Let's suppose you know for a fact that $$\lim_{x \to a}f(x) = L\text{.} \tag{*}$$

By definition, this means that for every $\epsilon > 0$, there is a $\delta > 0$ such that if $|x-a| < \delta$, then $|f(x) - L| < \epsilon$.

The for every part is key.

If we know that (*) holds (this assumption is important), we could say that for all $\epsilon > 0$, there is some $\delta > 0$ (let's assume we don't care about the actual value of $\delta$) such that if $|x - a| < \delta$, $|f(x) - L| < \dfrac{\epsilon}{2}$.

Why? Because since we're assuming $\epsilon$ is an arbitrary positive number, $\dfrac{\epsilon}{2}$ is an arbitrary positive number as well, no matter what $\epsilon > 0$ is!

The long story short is that you can stick anything in that inequality in place of $\epsilon$ as long as the limit exists (i.e,. (*) holds) and as long as what you have there is an arbitrary positive number!

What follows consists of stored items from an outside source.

// What the trials share: an installation over a word store of 32 cells, with a ready worker at place 1 and a held one at place 6.
use engine::{Installation, Refusal, Span, State, Terms, Told};
use processor::{Ending, Ran, RelativeAddress, Report};
use records::Registers;
use std::alloc::Global;
use std::process::Abort;
use std::test::Fail;
use store::Half::{Lower, Upper};
use store::{CellAddress, Store};
use stores::WordStore;
use words::{Word, word_bits};

pub(crate) const UPPER_SPOILED: u32 = 0x8000_0000;

pub(crate) const LOWER_SPOILED: u32 = 0x4000_0000;

// The number in each cell that is none of a worker's.
pub(crate) const AROUND: u32 = UPPER_SPOILED + LOWER_SPOILED + 0o7654321076;

// A becomes 5 and then 8, and is put at 7; then an executive return with address 10.
pub(crate) const ADDING: [u32; 8] = [
    0o11_0_0_0_00005,
    0o20_0_0_0_00003,
    0o15_0_3_0_00007,
    0o77_54_0_00012,
    0,
    0,
    0,
    0,
];

// An executive return with address 10, and then spoiled words.
pub(crate) const RETURNING: [u32; 6] = [
    0o77_54_0_00012,
    UPPER_SPOILED + 5,
    LOWER_SPOILED + 0o1234500000,
    UPPER_SPOILED + LOWER_SPOILED + 6,
    0,
    0o1234567012,
];

// The memory of the scene: the ready worker has the cells 4 to 11, the held one 15 to 20.
pub(crate) const MEMORY: [u32; 32] = [
    AROUND,
    AROUND,
    AROUND,
    AROUND,
    ADDING[0],
    ADDING[1],
    ADDING[2],
    ADDING[3],
    0,
    0,
    0,
    0,
    AROUND,
    AROUND,
    AROUND,
    RETURNING[0],
    RETURNING[1],
    RETURNING[2],
    RETURNING[3],
    RETURNING[4],
    RETURNING[5],
    AROUND,
    AROUND,
    AROUND,
    AROUND,
    AROUND,
    AROUND,
    AROUND,
    AROUND,
    AROUND,
    AROUND,
    AROUND,
];

// A = 1234567012, Q = 7777777777, B1 = 12345, B7 = 77777 (octal) and P = 0.
pub(crate) const RECORD: [u8; 29] = [
    0x00, 0x1b, 0x01, 0x0a, 0x72, 0xee, 0x0a, 0x3f, 0xff, 0xff, 0xff, 0x14, 0xe5, 0x00, 0x00, 0x00,
    0x00, 0x00, 0x00, 0x00, 0x00, 0x00, 0x00, 0x7f, 0xff, 0x00, 0x00, 0x00, 0x00,
];

pub(crate) const fn terms(length: u32, entry: u32) -> Terms {
    Terms {
        length,
        entry: RelativeAddress(entry),
    }
}

pub(crate) const fn spent(steps: u32) -> Ran {
    Ran {
        steps,
        ending: Ending::Spent,
    }
}

pub(crate) const fn interrupted(steps: u32, report: Report) -> Ran {
    Ran {
        steps,
        ending: Ending::Interrupted(report),
    }
}

pub(crate) const fn executive(address: u32) -> Report {
    Report::ExecutiveReturn(RelativeAddress(address))
}

pub(crate) const fn span(lower: u32, length: u32) -> Span {
    Span {
        lower: CellAddress(lower),
        length,
    }
}

// What tell answers of a worker with these registers, and 0 in B1 to B7.
pub(crate) fn told(state: State, a: u32, q: u32, p: u32) -> Told {
    let mut registers = Registers::starting_at(p);
    registers.set_a(word_bits(a));
    registers.set_q(word_bits(q));
    Told { state, registers }
}

// The registers of the record, but for another P.
pub(crate) fn recorded(p: u32) -> Registers {
    let mut registers = Registers::starting_at(p);
    registers.set_a(word_bits(0o1234567012));
    registers.set_q(word_bits(0o7777777777));
    registers.set_b(1, 0o12345);
    registers.set_b(7, 0o77777);
    registers
}

// An installation over a word store with this memory.
pub(crate) fn over(heap: Global, memory: &[u32]) -> Result<Installation<WordStore>, Fail> {
    let numbers = memory.iter().copied().collect(heap)?;
    Ok(Installation::new(WordStore::new(numbers)))
}

// The scene. The held worker has the registers of the record, and did its executive return.
pub(crate) fn scene<R: Abort + Alloc<A = Global>>(rt: &R) -> Result<Installation<WordStore>, Fail> {
    let mut scene = over(rt.alloc(), &MEMORY)?;
    assert_eq!(rt; scene.admit(1, CellAddress(4), terms(8, 0)), Ok(()));
    assert_eq!(rt; scene.admit(6, CellAddress(15), terms(6, 0)), Ok(()));
    assert_eq!(rt; scene.restore(6, &RECORD), Ok(()));
    assert_eq!(rt; scene.run(6, 10), Ok(interrupted(1, executive(10))));
    Ok(scene)
}

// What the host sees of an installation: what tell and span answer of each place, and what look answers of the first eight words at the places 1 and 6.
#[derive(Clone, Copy, Debug, PartialEq, Eq)]
pub(crate) struct Seen {
    pub(crate) told: [Result<Told, Refusal>; 8],
    pub(crate) spans: [Result<Span, Refusal>; 8],
    pub(crate) words: [Result<Word, Refusal>; 8],
    pub(crate) held_words: [Result<Word, Refusal>; 8],
}

impl Seen {
    fn of<S: Store>(installation: &Installation<S>) -> Seen {
        let mut seen = Seen {
            told: [Err(Refusal::PlaceFree); 8],
            spans: [Err(Refusal::PlaceFree); 8],
            words: [Err(Refusal::PlaceFree); 8],
            held_words: [Err(Refusal::PlaceFree); 8],
        };
        for at in 0..8 {
            let address = RelativeAddress(at as u32);
            seen.told[at] = installation.tell(at as u32);
            seen.spans[at] = installation.span(at as u32);
            seen.words[at] = installation.look(1, address);
            seen.held_words[at] = installation.look(6, address);
        }
        seen
    }
}

// What is seen of the scene.
pub(crate) fn seen_first() -> Seen {
    let mut told_of = [Err(Refusal::PlaceFree); 8];
    told_of[1] = Ok(told(State::Ready, 0, 0, 0));
    told_of[6] = Ok(Told {
        state: State::Held(executive(10)),
        registers: recorded(1),
    });
    let mut spans = [Err(Refusal::PlaceFree); 8];
    spans[1] = Ok(span(4, 8));
    spans[6] = Ok(span(15, 6));
    Seen {
        told: told_of,
        spans,
        words: ADDING.map(|word| Ok(word_bits(word))),
        held_words: [
            Ok(word_bits(0o7754000012)),
            Err(Refusal::Spoiled(Upper)),
            Err(Refusal::Spoiled(Lower)),
            Err(Refusal::Spoiled(Upper)),
            Ok(word_bits(0)),
            Ok(word_bits(0o1234567012)),
            Err(Refusal::AddressPastLength),
            Err(Refusal::AddressPastLength),
        ],
    }
}

// The installation is seen so, and gives back a store with this memory.
pub(crate) fn ends(
    rt: &impl Abort,
    installation: Installation<WordStore>,
    seen: Seen,
    memory: &[u32],
) -> Result<(), Fail> {
    assert_eq!(rt; Seen::of(&installation), seen);
    let store = installation.into_store();
    assert_eq!(rt; store.into_memory().as_slice(), memory);
    Ok(())
}

// The scene is as it was: neither what is seen of it nor its memory has changed.
pub(crate) fn unchanged(rt: &impl Abort, scene: Installation<WordStore>) -> Result<(), Fail> {
    ends(rt, scene, seen_first(), &MEMORY)
}
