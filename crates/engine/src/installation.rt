// An installation owns its store: no other way leads to it while it does.
ghost use Rattle.std.specs.Prelude.{◌≡◌, replicate};
ghost use Rattle.engine.specs.Installation.{made};
ghost use Rattle.engine.specs.Installed.{means};
ghost use Rattle.engine.specs.Isolation.{Isolation};
ghost use Rattle.engine.specs.Laws.{NoCellIsShared, NoReportOfNoCell, NoRunEndsInNoCell, RegistersFit, RowKeepsLength, WordsBelowLength, WorkersLieInRow};

use super::Place;
use std::marker::Model;
use store::Store;

// One store, and places for eight workers in it.
#[derive(Drop)]
pub struct Installation<S: Store> {
    pub(crate) store: S,
    pub(crate) places: [Place; 8],
}

impl<S: Store> Model for Installation<S> {
    ghost use Rattle.engine.specs.Installed.{Installed, means};
    ghost use Rattle.engine.specs.Sound.{Sound};

    ghost Value = { Installed S };

    ghost view = { λ i. record { store = i.store; places = i.places } };

    ghost invariant = { λ i. Sound (means S.cells (record { store = i.store; places = i.places })) };
}

impl<S: Store> Installation<S> {
    // A new one: all places are free. What else is promised is of all that can come after: any calls, one after another.
    pub fn new(store: S) -> Self
        ensures made { means S.cells result ≡ made (S.cells store) }
        ensures store { result.store ≡ store }
        ensures apart { NoCellIsShared (S.cells store) }
        ensures inside { WorkersLieInRow (S.cells store) }
        ensures length { RowKeepsLength (S.cells store) }
        ensures widths { RegistersFit (S.cells store) }
        ensures held { NoReportOfNoCell (S.cells store) }
        ensures ran { NoRunEndsInNoCell (S.cells store) }
        ensures addressed { WordsBelowLength (S.cells store) }
        ensures isolation { Isolation S.cells S.cells }
    {
        Installation {
            store,
            places: [Place::Free; 8],
        }
    }

    // Gives its store back.
    pub fn into_store(self) -> S
        ensures { result ≡ self.store }
    {
        self.store
    }
}
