// Admitting a worker, retiring it, and its span.
ghost use Rattle.std.specs.Prelude.{◌≡◌, ◌≤◌, ◌+◌, ◌&&◌, IfOk, OnErr, Ok, true, length, if◌then◌else◌, nat_le, nat_lt, not};
ghost use Rattle.engine.specs.Admission.{overlaps_any, shares};
ghost use Rattle.engine.specs.Installation.{worker_of};
ghost use Rattle.engine.specs.Installed.{Performs};
ghost use Rattle.engine.specs.declared.answer.Answer.TheVariants as answer;
ghost use Rattle.engine.specs.declared.call.Call.TheVariants as call;

use super::serving::place_numbered;
use super::{Place, Refusal, Span, Terms, Worker};
use processor::{Limits, MOST_WORDS};
use records::Registers;
use store::{CellAddress, Store};

impl Place {
    // Have these limits a cell in common with its worker?
    fn shares(&self, limits: Limits) -> bool
        ensures { result ≡ shares limits (worker_of self.now) }
    {
        match self {
            Place::Free => false,
            Place::Ready(worker) | Place::Held(worker, _) => worker.limits.overlap(limits),
        }
    }
}

// Limits for so many words in a store.
fn limits_in_store<S: Store>(store: &S, lower: CellAddress, number: u32) -> Result<Limits, Refusal>
    ensures value { result ≡ (if nat_le 1 number && nat_le number 32768 then (if nat_le (lower.0 + number) (length (S.cells store.now)) then Ok (record { lower = lower.0; length = number }) else Err Refusal.PastStore) else Err Refusal.BadLength) }
    ensures found { IfOk result (λ limits. (limits ≡ record { lower = lower.0; length = number }) × ((nat_le 1 number && nat_le number 32768) ≡ true) × (nat_le (lower.0 + number) (length (S.cells store.now)) ≡ true)) }
{
    if number == 0 || number > MOST_WORDS {
        return Err(Refusal::BadLength);
    }
    let limits = Limits::new(lower, number).ok_or(Refusal::PastStore)?;
    if limits.end() > store.count() {
        return Err(Refusal::PastStore);
    }
    Ok(limits)
}

// Have these limits a cell in common with some worker?
fn is_shared(places: &[Place; 8], limits: Limits) -> bool
    ensures { result ≡ overlaps_any limits places.now }
{
    places.iter().any(|place| place.shares(limits))
}

// Makes a worker that is ready to run from its entry.
#[tactic(auto, unfolding(crate::specs::Performing::performed))]
pub(crate) fn admit<S: Store>(
    store: &S,
    places: &mut [Place; 8],
    place: u32,
    lower: CellAddress,
    terms: Terms,
) -> Result<(), Refusal>
    ensures performed { Performs S.cells (record { store = store.now; places = places.old }) (call.Admit place lower terms) (answer.Admitted result) (record { store = store.now; places = places.new }) }
    ensures refused { OnErr result (places.new ≡ places.old) }
{
    match place_numbered(places, place)? {
        Place::Ready(_) | Place::Held(..) => Err(Refusal::PlaceOccupied),
        Place::Free => {
            let limits = limits_in_store(store, lower, terms.length)?;
            if is_shared(places, limits) {
                return Err(Refusal::CellShared);
            }
            if terms.entry.0 >= terms.length {
                return Err(Refusal::EntryPastLength);
            }
            places[place as usize] = Place::Ready(Worker {
                limits,
                registers: Registers::starting_at(terms.entry.0),
            });
            Ok(())
        }
    }
}

// Frees the place; the cells stay.
#[tactic(auto, unfolding(crate::specs::Performing::performed))]
pub(crate) fn retire<S: Store>(
    store: &S,
    places: &mut [Place; 8],
    place: u32,
) -> Result<(), Refusal>
    ensures performed { Performs S.cells (record { store = store.now; places = places.old }) (call.Retire place) (answer.Retired result) (record { store = store.now; places = places.new }) }
    ensures refused { OnErr result (places.new ≡ places.old) }
{
    match place_numbered(places, place)? {
        Place::Free => Err(Refusal::PlaceFree),
        Place::Ready(_) | Place::Held(..) => {
            places[place as usize] = Place::Free;
            Ok(())
        }
    }
}

// Tells the lower limit and the length.
#[tactic(auto, unfolding(crate::specs::Performing::performed))]
pub(crate) fn span<S: Store>(store: &S, places: &[Place; 8], place: u32) -> Result<Span, Refusal>
    ensures performed { Performs S.cells (record { store = store.now; places = places.now }) (call.Span place) (answer.Spanned result) (record { store = store.now; places = places.now }) }
{
    match place_numbered(places, place)? {
        Place::Free => Err(Refusal::PlaceFree),
        Place::Ready(worker) | Place::Held(worker, _) => Ok(Span {
            lower: worker.limits.lower(),
            length: worker.limits.length(),
        }),
    }
}
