// What is asked of a worker.
ghost use Rattle.std.specs.Prelude.{◌≡◌, ◌≤◌, ◌^◌, ◌&&◌, IfOk, IsTrue, OnErr, OnOk, Ok, Some, if◌then◌else◌, nat_le, nat_lt};
ghost use Rattle.engine.specs.Beneath.{StoreDoes};
ghost use Rattle.engine.specs.Installation.{place_at, worker_of};
ghost use Rattle.engine.specs.Installed.{Performs};
ghost use Rattle.engine.specs.declared.place.Worker.{Worker};
ghost use Rattle.records.specs.Record.{record_read};
ghost use Rattle.engine.specs.declared.answer.Answer.TheVariants as answer;
ghost use Rattle.engine.specs.declared.call.Call.TheVariants as call;
ghost use Rattle.engine.specs.declared.call.Request.TheVariants as request;

use super::{Place, Refusal, State, Told, Worker};
use processor::{Ending, Ran, RelativeAddress, run};
use records::Registers;
use store::Store;
use words::{Word, word_bits};

// The most steps of one run.
const MOST_STEPS: u32 = 1_000_000;

// The place with this number.
pub(crate) fn place_numbered(places: &[Place; 8], place: u32) -> Result<Place, Refusal>
    ensures there { IfOk result (λ found. (place ≤ 7) × (found ≡ place_at places.now place)) }
    ensures value { result ≡ (if nat_le place 7 then Ok (place_at places.now place) else Err Refusal.NoSuchPlace) }
{
    places
        .get(place as usize)
        .copied()
        .ok_or(Refusal::NoSuchPlace)
}

// Puts a word whole.
#[tactic(auto, unfolding(crate::specs::Performing::performed, crate::specs::Serving::served))]
pub(crate) fn load<S: Store>(
    store: &mut S,
    places: &[Place; 8],
    place: u32,
    address: RelativeAddress,
    word: u32,
) -> Result<(), Refusal>
    ensures performed { Performs S.cells (record { store = store.old; places = places.now }) (call.Ask place (request.Load address word)) (answer.Loaded result) (record { store = store.new; places = places.now }) }
    ensures refused { OnErr result (store.new ≡ store.old) }
    ensures store { StoreDoes S.puts_whole S.puts_half (record { row = S.cells store.old; places = places.now }) (call.Ask place (request.Load address word)) store.old store.new }
{
    match place_numbered(places, place)? {
        Place::Free => Err(Refusal::PlaceFree),
        Place::Ready(worker) | Place::Held(worker, _) => {
            let cell = worker.limits.cell(address)?;
            if word >= 1 << 30 {
                return Err(Refusal::NumberTooWide);
            }
            Ok(store.put_whole(cell, word)?)
        }
    }
}

// Tells a word.
#[tactic(auto, unfolding(crate::specs::Performing::performed, crate::specs::Serving::served))]
pub(crate) fn look<S: Store>(
    store: &S,
    places: &[Place; 8],
    place: u32,
    address: RelativeAddress,
) -> Result<Word, Refusal>
    ensures performed { Performs S.cells (record { store = store.now; places = places.now }) (call.Ask place (request.Look address)) (answer.Looked result) (record { store = store.now; places = places.now }) }
{
    match place_numbered(places, place)? {
        Place::Free => Err(Refusal::PlaceFree),
        Place::Ready(worker) | Place::Held(worker, _) => {
            let cell = worker.limits.cell(address)?;
            Ok(store.fetch(cell)?)
        }
    }
}

// Runs a ready worker; one that is interrupted is held afterwards.
#[tactic(auto, unfolding(crate::specs::Performing::performed, crate::specs::Serving::served))]
pub(crate) fn run_worker<S: Store>(
    store: &mut S,
    places: &mut [Place; 8],
    place: u32,
    budget: u32,
) -> Result<Ran, Refusal>
    ensures performed { Performs S.cells (record { store = store.old; places = places.old }) (call.Ask place (request.Run budget)) (answer.Ran result) (record { store = store.new; places = places.new }) }
    ensures refused { OnErr result ((store.new ≡ store.old) × (places.new ≡ places.old)) }
    ensures store { StoreDoes S.puts_whole S.puts_half (record { row = S.cells store.old; places = places.old }) (call.Ask place (request.Run budget)) store.old store.new }
{
    match (place_numbered(places, place)?, budget) {
        (Place::Free, _) => Err(Refusal::PlaceFree),
        (_, budget) if budget > MOST_STEPS => Err(Refusal::BudgetTooLarge),
        (Place::Held(..), _) => Err(Refusal::WorkerHeld),
        (Place::Ready(mut worker), budget) => {
            let ran = run(store, worker.limits, &mut worker.registers, budget);
            places[place as usize] = match ran.ending {
                Ending::Spent => Place::Ready(worker),
                Ending::Interrupted(report) => Place::Held(worker, report),
            };
            Ok(ran)
        }
    }
}

// Have the three numbers of an answer no more bits than they can have?
fn fit(a: u32, q: u32, p: u32) -> bool
    ensures { result ≡ (nat_lt a (2 ^ 30) && nat_lt q (2 ^ 30) && nat_lt p (2 ^ 17)) }
{
    a < 1 << 30 && q < 1 << 30 && p < 1 << 17
}

// The registers with other A, Q and P.
fn with_answer(mut registers: Registers, a: u32, q: u32, p: u32) -> Registers
    requires { IsTrue (nat_lt a (2 ^ 30) && nat_lt q (2 ^ 30) && nat_lt p (2 ^ 17)) }
    ensures { result ≡ record registers { a = a; q = q; p = p } }
{
    registers.set_a(word_bits(a));
    registers.set_q(word_bits(q));
    registers.set_p(p);
    registers
}

// Answers a held worker's report: sets A, Q and P, and makes it ready.
#[tactic(auto, unfolding(crate::specs::Performing::performed, crate::specs::Serving::served))]
pub(crate) fn answer<S: Store>(
    store: &S,
    places: &mut [Place; 8],
    place: u32,
    a: u32,
    q: u32,
    p: u32,
) -> Result<(), Refusal>
    ensures performed { Performs S.cells (record { store = store.now; places = places.old }) (call.Ask place (request.Answer a q p)) (answer.Answered result) (record { store = store.now; places = places.new }) }
    ensures refused { OnErr result (places.new ≡ places.old) }
{
    match (place_numbered(places, place)?, fit(a, q, p)) {
        (Place::Free, _) => Err(Refusal::PlaceFree),
        (_, false) => Err(Refusal::NumberTooWide),
        (Place::Ready(_), true) => Err(Refusal::WorkerNotHeld),
        (Place::Held(worker, _), true) => {
            let answered = Worker {
                limits: worker.limits,
                registers: with_answer(worker.registers, a, q, p),
            };
            places[place as usize] = Place::Ready(answered);
            Ok(())
        }
    }
}

// Writes the register record at the front of a buffer.
#[tactic(auto, unfolding(crate::specs::Performing::performed, crate::specs::Serving::served))]
pub(crate) fn save<S: Store>(
    store: &S,
    places: &[Place; 8],
    place: u32,
    buffer: &mut [u8],
) -> Result<(), Refusal>
    ensures performed { Performs S.cells (record { store = store.now; places = places.now }) (call.Ask place (request.Save buffer.old)) (answer.Saved result buffer.new) (record { store = store.now; places = places.now }) }
    ensures refused { OnErr result (buffer.new ≡ buffer.old) }
    ensures reads_again { OnOk result ((w : Worker) → worker_of (place_at places.now place) ≡ Some w → record_read buffer.new ≡ Ok w.registers) }
{
    match place_numbered(places, place)? {
        Place::Free => Err(Refusal::PlaceFree),
        Place::Ready(worker) | Place::Held(worker, _) => Ok(worker.registers.write(buffer)?),
    }
}

// Reads a register record, and makes the worker ready.
#[tactic(auto, unfolding(crate::specs::Performing::performed, crate::specs::Serving::served))]
pub(crate) fn restore<S: Store>(
    store: &S,
    places: &mut [Place; 8],
    place: u32,
    bytes: &[u8],
) -> Result<(), Refusal>
    ensures performed { Performs S.cells (record { store = store.now; places = places.old }) (call.Ask place (request.Restore bytes.now)) (answer.Restored result) (record { store = store.now; places = places.new }) }
    ensures refused { OnErr result (places.new ≡ places.old) }
{
    match place_numbered(places, place)? {
        Place::Free => Err(Refusal::PlaceFree),
        Place::Ready(worker) | Place::Held(worker, _) => {
            let registers = Registers::read(bytes)?;
            let restored = Worker {
                limits: worker.limits,
                registers,
            };
            places[place as usize] = Place::Ready(restored);
            Ok(())
        }
    }
}

// Tells the state, a held worker's with its report, and the registers.
#[tactic(auto, unfolding(crate::specs::Performing::performed, crate::specs::Serving::served))]
pub(crate) fn tell<S: Store>(store: &S, places: &[Place; 8], place: u32) -> Result<Told, Refusal>
    ensures performed { Performs S.cells (record { store = store.now; places = places.now }) (call.Ask place request.Tell) (answer.Told result) (record { store = store.now; places = places.now }) }
{
    match place_numbered(places, place)? {
        Place::Free => Err(Refusal::PlaceFree),
        Place::Ready(worker) => Ok(Told {
            state: State::Ready,
            registers: worker.registers,
        }),
        Place::Held(worker, report) => Ok(Told {
            state: State::Held(report),
            registers: worker.registers,
        }),
    }
}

To answer your question directly (and this has been addressed in the comments), the following is FALSE:

$$|x-a| < \delta \implies |f(x) - L| < \epsilon \nRightarrow |f(x) - L| < \dfrac{\epsilon}{2}\text{.}$$

What you can say is the following: suppose $\lim_{x \to a}f(x) = L$. (Notice how I have this assumption available to me.) Then, for every $\epsilon > 0$, there is a $\delta > 0$ such that if $|x - a| < \delta$, then $|f(x) - L| < \dfrac{\epsilon}{2}$.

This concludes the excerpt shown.